Otelimiz aslında otel değil. Dört odası günlük kiraya verilen eski bir Venedik binası. Binanın kapısını çalıp içeri giriyoruz, bir masa üstüne adımıza bırakılmış bir not ve oda anahtarımız var, alıp odamıza geçiyoruz, hemen valizleri bırakıp Venedik sokaklarına keşfe çıkıyoruz.

gondol kullananlar denizciler gibi çizgili giyiniyor
Çok acıktığımız için ara sokakların birinde taş fırında pizza yapan bir dükkana atıyoruz kendimizi. Kapanmak üzere olan dükkanda biz ayaküstü pizzalarımızı yerken, kapanışa hazırlanan iki çalışan "luna" diye bir şarkıda dans ederek yerleri süpürüyorlar, aynı filmlerdeki gibi.

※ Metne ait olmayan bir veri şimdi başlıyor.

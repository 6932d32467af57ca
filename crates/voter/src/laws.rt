//! Laws: what is proved about the definitions.
ghost use Rattle.std.specs.FinMap.{get};
ghost use Rattle.std.specs.Prelude.{◌≡◌, ◌<◌, ◌≤◌, ◌⊎◌, ◌∷◌, ℕ, Some, false, slice_index};
ghost use Rattle.numbers.specs.Bounds.{max_clients, max_limit, max_voters};
ghost use Rattle.message.specs.declared.message.ClientBody.TheVariants as to_client;
ghost use Rattle.message.specs.declared.message.ToVoter.{ToVoter};
ghost use Rattle.message.specs.declared.message.VoterBody.TheVariants as asks;
ghost use Rattle.voter.specs.declared.state.Grant.{Grant};
ghost use Rattle.voter.specs.declared.state.VoterState.{VoterState};
ghost use Rattle.voter.specs.Entries.{AsksBack, Finishes, FinishesBy, KnowsUpTo, request_of};
ghost use Rattle.voter.specs.Replies.{AllCarry, AllReportPlace, AreAnswers, CarrySeen};
ghost use Rattle.voter.specs.Saved.{IsKept, least_voter};
ghost use Rattle.voter.specs.Steps.{IsSound, Outcome, effect_of, inquiry_again, remind, reply, start, step};
ghost use Rattle.voter.specs.VoteMoves.{GrantIsNew, KeepsGrants, VoteMoves};
ghost use Rattle.voter.specs.VoterContract.{AllReport, IsEntry, MeetsContract};
ghost use Rattle.message.specs.Requests.{precedes};

/// A voter keeps its contract:
///
/// - a grant stays until a message of its holder ends it;
/// - only a request that arrived holds the vote or waits;
/// - each LOCKED of a step carries the vote as it is after the step, and each LOCKED of a reminder
///   the current vote.
pub fn voters_meet_the_contract()
    ensures steps { (v : VoterState) (m : ToVoter) (o : Outcome) → step v m ≡ Some o → MeetsContract v m o }
    ensures reminders { (v : VoterState) → AllReport v.held (remind v) }
{}

/// A message that ends the grant leaves no grant, or a new one with the next number. Any other
/// message keeps the grant and the number of grants, or grants the free vote under the next number.
pub fn grants_are_numbered()
    ensures { (v : VoterState) (m : ToVoter) (o : Outcome) → IsSound v → step v m ≡ Some o
        → VoteMoves (effect_of v m).frees v o.state }
{}

/// What holds of every voter:
///
/// - no client both holds the vote and waits;
/// - nobody waits for a free vote;
/// - a grant's number is at most the number of grants, and that is at most the limit.
pub fn voters_stay_sound()
    ensures first { (id limit : ℕ) → limit ≤ max_limit → IsSound (start id limit) }
    ensures steps { (v : VoterState) (m : ToVoter) (o : Outcome) → IsSound v → step v m ≡ Some o → IsSound o.state }
{}

/// A new voter can be saved and restored. It still can after any message of a client below 64, and
/// after all but the least of it is lost.
pub fn voters_stay_kept()
    ensures first { (id limit : ℕ) → id < max_voters → limit ≤ max_limit → IsKept (start id limit) }
    ensures steps { (v : VoterState) (m : ToVoter) (o : Outcome) → IsKept v → m.client < max_clients
        → step v m ≡ Some o → IsKept o.state }
    ensures least { (v : VoterState) → IsKept v → IsKept (least_voter v) }
{}

/// A message causes at most three replies, and at most one of them is LOCKED. Each FAIL goes to a
/// client that waits after the step, and each INQUIRE to the holder. It is outstanding then.
pub fn replies_report_the_state()
    ensures steps { (v : VoterState) (m : ToVoter) (o : Outcome) → IsSound v → step v m ≡ Some o → AreAnswers o }
    ensures reminders { (v : VoterState) → AllReportPlace v (remind v) }
{}

/// Each reply names the voter and carries the highest stamp that it saw, including that of the
/// message. The voter's number and its limit stay the same.
pub fn replies_carry_what_was_seen()
    ensures steps { (v : VoterState) (m : ToVoter) (o : Outcome) → step v m ≡ Some o → CarrySeen v m o }
    ensures reminders { (v : VoterState) → AllCarry v.id v.seen (remind v) }
{}

/// A request that has the vote or waits goes on to do so, until its client finishes it: by a REQUEST
/// with a greater stamp, or by a RELEASE with a stamp at least as great.
pub fn requests_stay()
    ensures { (v : VoterState) (m : ToVoter) (o : Outcome) (client stamp : ℕ) → IsSound v → step v m ≡ Some o
        → IsEntry v client stamp → IsEntry o.state client stamp ⊎ Finishes m.client m.body client stamp }
{}

/// The vote goes to the first: of the requests that were there before a step, none that waits after
/// it precedes a request that got the vote by it.
pub fn votes_go_to_the_first()
    ensures { (v : VoterState) (m : ToVoter) (o : Outcome) (g : Grant) (client stamp : ℕ) → IsSound v
        → step v m ≡ Some o → o.state.held ≡ Some g → v.granted < g.grant
        → IsEntry v client stamp → get o.state.waiting client ≡ Some stamp
        → precedes (record { stamp = stamp; client = client }) (request_of g) ≡ false }
{}

/// A REQUEST that is not finished has the vote or waits after it arrived, if the voter knows no
/// greater stamp of its client.
pub fn requests_are_taken_up()
    ensures { (v : VoterState) (m : ToVoter) (o : Outcome) (stamp : ℕ) → IsSound v → m.body ≡ asks.Request stamp
        → slice_index v.finished m.client < stamp → KnowsUpTo v m.client stamp → step v m ≡ Some o
        → IsEntry o.state m.client stamp }
{}

/// A RELEASE of the request that has the vote ends it: its client neither has the vote afterwards
/// nor waits.
pub fn releases_end_requests()
    ensures { (v : VoterState) (m : ToVoter) (o : Outcome) (g : Grant) (stamp : ℕ) → IsSound v → v.held ≡ Some g
        → m.client ≡ g.client → m.body ≡ asks.Release stamp → g.stamp ≤ stamp → step v m ≡ Some o
        → (s : ℕ) → IsEntry o.state g.client s → ⊥ }
{}

/// A RELINQUISH of the current grant gives the vote to the first that waits, under the next number.
pub fn votes_given_back_go_on()
    ensures { (v : VoterState) (m : ToVoter) (o : Outcome) (g : Grant) → IsSound v → v.held ≡ Some g
        → m.client ≡ g.client → m.body ≡ asks.Relinquish g.grant → step v m ≡ Some o → GrantIsNew v o.state }
{}

/// If a waiting request precedes the one that has the vote, an INQUIRE is outstanding. So it is of a
/// new voter, and so it stays.
///
/// The grant that has the vote after a message had it before, or has a greater number than all
/// before it. An INQUIRE stays outstanding as long as its grant has the vote. A new one is sent only
/// for a new request that the granted one doesn't precede.
pub fn votes_are_asked_back()
    ensures first { (id limit : ℕ) → AsksBack (start id limit) }
    ensures steps { (v : VoterState) (m : ToVoter) (o : Outcome) → AsksBack v → step v m ≡ Some o → AsksBack o.state }
    ensures grants { (v : VoterState) (m : ToVoter) (o : Outcome) → step v m ≡ Some o
        → KeepsGrants v m.client m.body o.state }
{}

/// A finished stamp stays as it was, or the message finishes the request of that stamp.
pub fn messages_finish_requests()
    ensures { (v : VoterState) (m : ToVoter) (o : Outcome) → step v m ≡ Some o
        → FinishesBy v m.client m.body o.state }
{}

/// A reminder begins with LOCKED for the request that has the vote, under its grant.
pub fn reminders_repeat_the_vote()
    ensures { (v : VoterState) (g : Grant) → v.held ≡ Some g
        → remind v ≡ reply v g.client (to_client.Locked g.stamp g.grant) ∷ inquiry_again v.inquiring v g }
{}

/// A voter that has grants left takes every message.
pub fn voters_with_grants_take_messages()
    ensures { (v : VoterState) (m : ToVoter) → IsSound v → v.granted < v.limit → (o : Outcome) × (step v m ≡ Some o) }
{}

gece rialto köprü manzarası
Sonrasında eskiden çok varlıklı olduğu anlaşılan, şatafata önem veren bir şehrin sokaklarında dolaşıyoruz. Ara sokaklara girip çıkıyoruz, çok kalabalık değil ancak güvende hissediyoruz. Venedik'te turistlerin takıldığı iki temel lokasyon var; bir tanesi Rialto Köprüsü, diğeri San Marco Meydanı. Her yer birbirine yakın olduğundan kolayca buluyoruz, gece meydan çok kalabalık değil ama etrafındaki görkemli tarihi binalarıyla çok güzel görünüyor, bir kaç  fotoğraf çekip dinlenmek üzere odamıza dönüyoruz.

Ertesi gün sabah erkenden uyanıyor ve güleryüzlü otel sahibemizle tanışıyor ve İtalya'ya vergimizi ödüyoruz,12 Euro :( Şehri keşfetmek için sabırsızlansak da  öncelikle karnımızı doyurmak gerektiğinden, Rialto köprüsüne doğru yürüyoruz. Buradaki bir pastanede eşim sütlü kahve ve kruvasan denerken; ben bol soslu mozerellalı sandviç ve su ile kahvaltımı yapıyorum. Çay yok:) Eşimin kruvasanı  çok lezzetli, benim sandviç için aynısını söyleyemiyorum.Karnımızı doyurduktan sonra Venedik'i gündüz gözüyle görmeye hazırız.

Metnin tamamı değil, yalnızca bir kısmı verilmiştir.